In this paper, a cautious static test on one 1/5-scale intact bridge model of curved continuous twin I-girder composite bridge (TGCB) was carried out. To further investigate the ultimate load-carrying capacity of curved continuous TGCB, a series of finite element models were established and analyzed. From the experimental and the 3D FE model results above, the following conclusions could be drawn:(1)From the experimental results, The TGCB designed according to Chinese codes has good safety reserve and ductility. The composite section within 0.11 times the span from the mid-support section became cracked section in finally failure.(2)Based on the 3D FE models, it was concluded that the TGCB with full-support construction scheme has larger yield load and ultimate load compared with the one with erecting machine construction scheme due to the influence of construction initial stress (). On the other hand, the ultimate bearing capacity increases nonlinearly with the increase of the radius of curvature.(3)The yield strength of steel, crossbeams, and bottom lateral bracings has a significant effect on the ultimate load-carrying capacity of curved TGCB. And the smaller the radius of curvature, the more obvious the effect of crossbeams and bottom lateral bracings on the ultimate load-carrying capacity is.

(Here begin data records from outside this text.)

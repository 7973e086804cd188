//! Lines behind each other, in a format.
ghost use Rattle.std.specs.Prelude.{◌≡◌, ◌∷◌, ◌++◌, [], List, map, IsTrue, OnOk};
ghost use Rattle.std.specs.List.{list_all};
ghost use Rattle.omega_model.specs.Report.{Line};
ghost use Rattle.omega_report.specs.JsonOfText.{in_wide_format};
ghost use Rattle.omega_report.specs.Pages.{added_bytes, end_of_array, open_form};
ghost use Rattle.omega_report.specs.Spelling.{fits, word_of};
ghost use Rattle.omega_sim.specs.TimeLines.{lines_by, lines_of_totals};

use crate::line_words::Word::{self, Name, Number, Time};
use crate::writing::push_line;
use omega_model::{Format, NoMemory};
use omega_sim::TimeTotals;

/// Appends the bytes that a line adds, where it may be the first one: in JSON the lines are the items of an
/// array.
pub fn push_item(
    format: Format,
    is_first: bool,
    out: &mut Vec<u8>,
    words: &[Word],
) -> Result<(), NoMemory>
    ensures bytes { OnOk result (out.new.items ≡ out.old.items ++ added_bytes format is_first (map word_of words.now)) }
    ensures numbers { OnOk result (IsTrue (list_all fits words.now)) }
{
    match format {
        Format::Text => {}
        Format::Json => out.push(if is_first { b'[' } else { b',' })?,
    }
    push_line(format, out, words)?;
    Ok(())
}

/// Appends the lines of these totals behind others.
pub fn push_totals(
    format: Format,
    bytes: &mut Vec<u8>,
    totals: &[TimeTotals],
) -> Result<(), NoMemory>
    ensures { OnOk result ((lines : List Line) → bytes.old.items ≡ open_form format lines
        → bytes.new.items ≡ open_form format (lines ++ lines_of_totals totals.now)) }
{
    for of_one in totals {
        push_both(format, bytes, of_one)?;
    }
    Ok(())
}

/// Appends both lines of a scheduler.
fn push_both(format: Format, bytes: &mut Vec<u8>, totals: &TimeTotals) -> Result<(), NoMemory>
    ensures { OnOk result ((lines : List Line) → bytes.old.items ≡ open_form format lines
        → bytes.new.items ≡ open_form format (lines ++ lines_by totals.now)) }
{
    let scheduler = Number(u64::from(totals.scheduler));
    let busy = [
        Name("busy"),
        scheduler,
        Time(totals.busy),
        Time(totals.span),
    ];
    push_behind(format, bytes, &busy)?;
    let wait = [
        Name("wait"),
        scheduler,
        Number(totals.jobs),
        Time(totals.wait),
    ];
    push_behind(format, bytes, &wait)?;
    Ok(())
}

/// Appends a line behind others.
pub fn push_behind(format: Format, bytes: &mut Vec<u8>, words: &[Word]) -> Result<(), NoMemory>
    ensures { OnOk result ((lines : List Line) → bytes.old.items ≡ open_form format lines
        → bytes.new.items ≡ open_form format (lines ++ map word_of words.now ∷ [])) }
{
    let is_first = bytes.as_slice().is_empty();
    push_item(format, is_first, bytes, words)?;
    Ok(())
}

/// Ends the lines: in JSON with the end of the array.
pub fn end(format: Format, bytes: &mut Vec<u8>) -> Result<(), NoMemory>
    ensures { OnOk result ((lines : List Line) → bytes.old.items ≡ open_form format lines
        → bytes.new.items ≡ in_wide_format format lines) }
{
    match format {
        Format::Text => Ok(()),
        Format::Json => {
            let end = end_of_array(bytes.as_slice().is_empty());
            bytes.extend_from_slice(end)?;
            Ok(())
        }
    }
}

/// What ends the array of the lines; where there is none, the array is opened first.
fn end_of_array(is_empty: bool) -> &'static [u8]
    ensures { result.now ≡ end_of_array is_empty }
{
    if is_empty { b"[]\n" } else { b"]\n" }
}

Unfortunately, concrete compressive strength has insignificant effect on the ultimate loading capacity.(4)There are also some design suggestions: it is recommended to use UHPC in the ±11% L areas to improve the crack resistance of the negative bending moment region. Although the strength grade of steel beam has a significant effect on the bearing capacity, it is unwise to continuous to improve the ultimate load by increasing the grade of steel for the TGCB when steel grade exceeds Q390. In consideration of the big difference in bearing capacity between the inner girder and outer girder of the TGCB with small radius of curvature as well as the economy, it is suggested that the inner and outer steel girders of that TGCB should be designed differently.

#### Data Availability

The data used to support the findings of this study are available from the corresponding author upon request.

#### Conflicts of Interest

The authors declare that they have no conflicts of interest.

#### Acknowledgments

The authors would like to acknowledge the support by Shanxi Transportation Technology Project (no. 18–14K) and Shanxi National Science Fund (no. 2020JQ-377).